In opposition, plaintiff fails to raise a triable issue of fact. Plaintiff testified that the ladder came from Manhattan College, but he also testified that Marin found the ladder in the basement (Pl. EBT Tr. at 140). He also testified that EMC had provided ladders for previous jobs he had worked on (id. at 141). Marin testified that EMC brought its own ladders to the basement (Marin EBT Tr. at 78-79 [NYSCEF Doc. 156]). Moreover, plaintiff testified that the ladder did not have an EMC label on it and was otherwise unmarked (Pl. EBT Tr. at 140). In contrast, Ryan testified that defendant's ladders were all stamped with either "MC physical plant" or "physical plant" (Ryan EBT Tr. at 94). Plaintiff's testimony is, therefore, speculative at best.

Accordingly, that part of defendant's motion to dismiss the Labor Law § 200 and common law negligence claims is granted.



V. Affirmative Defense of Comparative Negligence

Finally, defendant's affirmative defense of comparative negligence must be denied. Plaintiff's only remaining claim against defendant is Labor Law § 240 (1), to which comparative negligence is not a valid defense (see Mayorquin v Carriage House Owner's Corp., 202 AD3d 541, 542 [1st Dept 2022]).
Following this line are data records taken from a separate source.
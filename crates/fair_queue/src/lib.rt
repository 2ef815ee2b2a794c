//! The fair class of one sibling (`fair_sched_class`): the queue of its tasks, their ranks, and their
//! weights.
#![tactic(auto)]

mod queue;
mod weights;

pub use queue::{FairQueue, rank};
pub use weights::{grow, weight};
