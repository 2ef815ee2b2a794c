//! How much a fair task weighs, and how fast its virtual time grows.

ghost use Rattle.std.specs.Prelude.{◌≡◌, ◌<◌, ◌≤◌};
ghost use Rattle.cs_types.specs.Scenario.{IsNice};
ghost use Rattle.cs_types.specs.Time.{weight_index, weight_of, growth};

/// The weights of the nice values from -20 to 19 (`sched_prio_to_weight`, kernel/sched/core.c).
const WEIGHTS: [u32; 40] = [
    88761, 71755, 56483, 46273, 36291, 29154, 23254, 18705, 14949, 11916, 9548, 7620, 6100, 4904,
    3906, 3121, 2501, 1991, 1586, 1277, 1024, 820, 655, 526, 423, 335, 272, 215, 172, 137, 110, 87,
    70, 56, 45, 36, 29, 23, 18, 15,
];

/// The index of a nice value among the weights.
fn weight_index(nice: i8) -> usize
    requires { IsNice nice }
    ensures index { result ≡ weight_index nice }
    ensures below { result < 40 }
{
    if nice < 0 {
        20 - usize::from(nice.unsigned_abs())
    } else {
        20 + usize::from(nice.unsigned_abs())
    }
}

/// The weight of a nice value, which is from -20 to 19: 88761 down to 15.
#[tactic(auto, unfolding(cs_types::specs::Time::weight_of))]
pub fn weight(nice: i8) -> u32
    requires { IsNice nice }
    ensures weight { result ≡ weight_of nice }
    ensures least { 15 ≤ result }
{
    WEIGHTS[weight_index(nice)]
}

/// How far the virtual time of a running fair task of this nice value, from -20 to 19, grows in
/// `delta` ns of the clock, rounded down, in ns (`calc_delta_fair`, kernel/sched/fair.c; that it is
/// exact is this project's rule).
#[tactic(auto, unfolding(cs_types::specs::Time::growth))]
pub fn grow(delta: u64, nice: i8) -> u128
    requires { IsNice nice }
    ensures { result ≡ growth delta nice }
{
    // If the product fits 64 bits, as it does for each advance of a scenario, so does its division.
    match delta.checked_mul(1024) {
        Some(scaled) => u128::from(scaled / u64::from(weight(nice))),
        None => u128::from(delta) * 1024 / u128::from(weight(nice)),
    }
}
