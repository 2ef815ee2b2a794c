//! The queue of the fair tasks, and the rank by which they stand in it.

ghost use Rattle.std.specs.Prelude.{◌≡◌, ℕ};
ghost use Rattle.cs_types.specs.declared.task.Policy.TheVariants.{Fair};
ghost use Rattle.cs_types.specs.Queue.{rank_by};

use order_tree::RankTree;
use std::alloc::Global;

/// The fair tasks of one sibling. The parameter is what the queue takes memory from, until it is closed.
pub type FairQueue<A = Global> = RankTree<A>;

/// The rank of a fair task: its virtual time, in ns. The smaller one goes first, and of equal ones the
/// earlier enqueue.
pub fn rank(vtime: u128) -> u128
    ensures { (nice : _) → (deadline : ℕ) → result ≡ rank_by (Fair nice) deadline vtime }
{
    vtime
}
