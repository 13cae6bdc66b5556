// Runs the script of standard input on the model of model.bin.
#![tactic(auto)]

use std::io;

fn main(rt: HostRuntime) -> io::Result<()> {
    script::program::start(&rt)
}
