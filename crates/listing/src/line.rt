// Lines of text.
ghost use Rattle.std.specs.Prelude.{◌≡◌, ◌+◌, ◌≤◌, ◌++◌, [], length};
ghost use Rattle.listing.specs.Text as Text;
ghost use Rattle.listing.specs.Text.{line_bytes, padded, is_reserved, rights_text, run_line, stop_line, end_line, more_line, refused_line};

use arrayvec::ArrayVec;
use found::StopReason;
use itoa::Buffer;
use std::marker::Model;
use walk::Rights;

// The bytes of a line: no text is longer.
pub const LINE_BYTES: usize = 64;

// A text, its newline last. It lies in the value itself, so that no line can fail for want of memory.
#[derive(Drop)]
pub struct Line {
    text: ArrayVec<u8, LINE_BYTES>,
}

impl Model for Line {
    ghost use Rattle.std.specs.Prelude.{ℕ, List};

    ghost Value = { List ℕ };

    ghost view = { λ l. l.text.items };
}

impl Line {
    // No text yet.
    fn new() -> Line
        ensures { result ≡ [] }
    {
        Line {
            text: ArrayVec::new(),
        }
    }

    // The text.
    pub fn as_bytes(&self) -> &[u8]
        ensures value { result.now ≡ self.now }
        ensures fits { length result.now ≤ line_bytes }
    {
        self.text.as_slice()
    }

    // The text, and zeros behind it.
    pub fn padded(&self) -> [u8; LINE_BYTES]
        ensures { result ≡ padded self.now }
    {
        let text = self.as_bytes();
        let mut bytes = [0; LINE_BYTES];
        bytes[..text.len()].copy_from_slice(text);
        bytes
    }

    // The line with a text behind it.
    fn with(mut self, text: &[u8]) -> Line
        requires { length self + length text.now ≤ line_bytes }
        ensures { result ≡ self ++ text.now }
    {
        self.text.try_extend_from_slice(text).unwrap();
        self
    }

    // The line with a number of 16 hexadecimal digits.
    fn with_hex(self, n: u64) -> Line
        requires { length self + 16 ≤ line_bytes }
        ensures { result ≡ self ++ Text.hex n }
    {
        let mut digits = [0; 16];
        let k = io::hex(n, 16, &mut digits);
        self.with(&digits[..k])
    }

    // The line with a number in decimal.
    #[tactic(auto, using(crate::proofs::Decimal::decimal_is))]
    fn with_decimal(self, n: u64) -> Line
        requires { length self + 20 ≤ line_bytes }
        ensures text { result ≡ self ++ Text.decimal n }
        ensures len { length result ≤ length self + 20 }
    {
        self.with(Buffer::new().format(n).as_bytes())
    }
}

// The letters of rights: `w`, `u` and `x` (executable), or `-` for one that is not there.
fn letters(rights: Rights) -> [u8; 3]
    ensures { result ≡ rights_text rights.writable rights.user rights.no_execute }
{
    [
        if rights.writable { b'w' } else { b'-' },
        if rights.user { b'u' } else { b'-' },
        if rights.no_execute { b'-' } else { b'x' },
    ]
}

// `run PAGE FRAME COUNT RIGHTS`
#[tactic(auto, unfolding(crate::specs::Text::run_line))]
pub fn run_line(page: u64, frame: u64, count: u64, rights: Rights) -> Line
    ensures { result ≡ run_line page frame count rights.writable rights.user rights.no_execute }
{
    Line::new()
        .with(b"run ")
        .with_hex(page)
        .with(b" ")
        .with_hex(frame)
        .with(b" ")
        .with_decimal(count)
        .with(b" ")
        .with(&letters(rights))
        .with(b"\n")
}

// `stop PAGE LEVEL reserved` or `stop PAGE LEVEL outside`
#[tactic(auto, unfolding(crate::specs::Text::stop_line))]
pub fn stop_line(page: u64, level: u64, reason: StopReason) -> Line
    ensures { result ≡ stop_line page level (is_reserved reason) }
{
    let why = match reason {
        StopReason::Reserved => b"reserved".as_slice(),
        StopReason::Outside => b"outside".as_slice(),
    };
    Line::new()
        .with(b"stop ")
        .with_hex(page)
        .with(b" ")
        .with_decimal(level)
        .with(b" ")
        .with(why)
        .with(b"\n")
}

// `end`
#[tactic(auto, unfolding(crate::specs::Text::end_line))]
pub fn end_line() -> Line
    ensures { result ≡ end_line }
{
    Line::new().with(b"end\n")
}

// `more PAGE`. It and `refused_line` differ in how their number is printed, and one function would be told the text and the way.
#[tactic(auto, unfolding(crate::specs::Text::more_line))]
pub fn more_line(page: u64) -> Line
    ensures { result ≡ more_line page }
{
    Line::new().with(b"more ").with_hex(page).with(b"\n")
}

// `refused` and the number
#[tactic(auto, unfolding(crate::specs::Text::refused_line))]
pub fn refused_line(number: u64) -> Line
    ensures { result ≡ refused_line number }
{
    Line::new()
        .with(b"refused ")
        .with_decimal(number)
        .with(b"\n")
}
Accordingly, that part of plaintiff's motion to dismiss defendant's affirmative defense of comparative negligence is granted.

Accordingly, it is hereby

ORDERED that plaintiff's motion for partial summary judgment is GRANTED IN PART to the extent of awarding summary judgment as to liability on plaintiff's claim under Labor Law § 240 (1) and dismissing defendant Manhattan College's affirmative defense of comparative negligence, and the motion is otherwise DENIED; and it is further

ORDERED that motion by defendant Manhattan College for summary judgment dismissing plaintiff's claims is GRANTED IN PART to the extent of dismissing plaintiff's claims under Labor Law §§ 200 and 241 (6), and for common-law negligence, respondeat superior, and res ipsa loquitur, and the motion is otherwise DENIED; and it is further

ORDERED that the parties shall appear for a pre-trial conference to be calendared by the Clerk of the Court.

This constitutes the decision and order of the Court.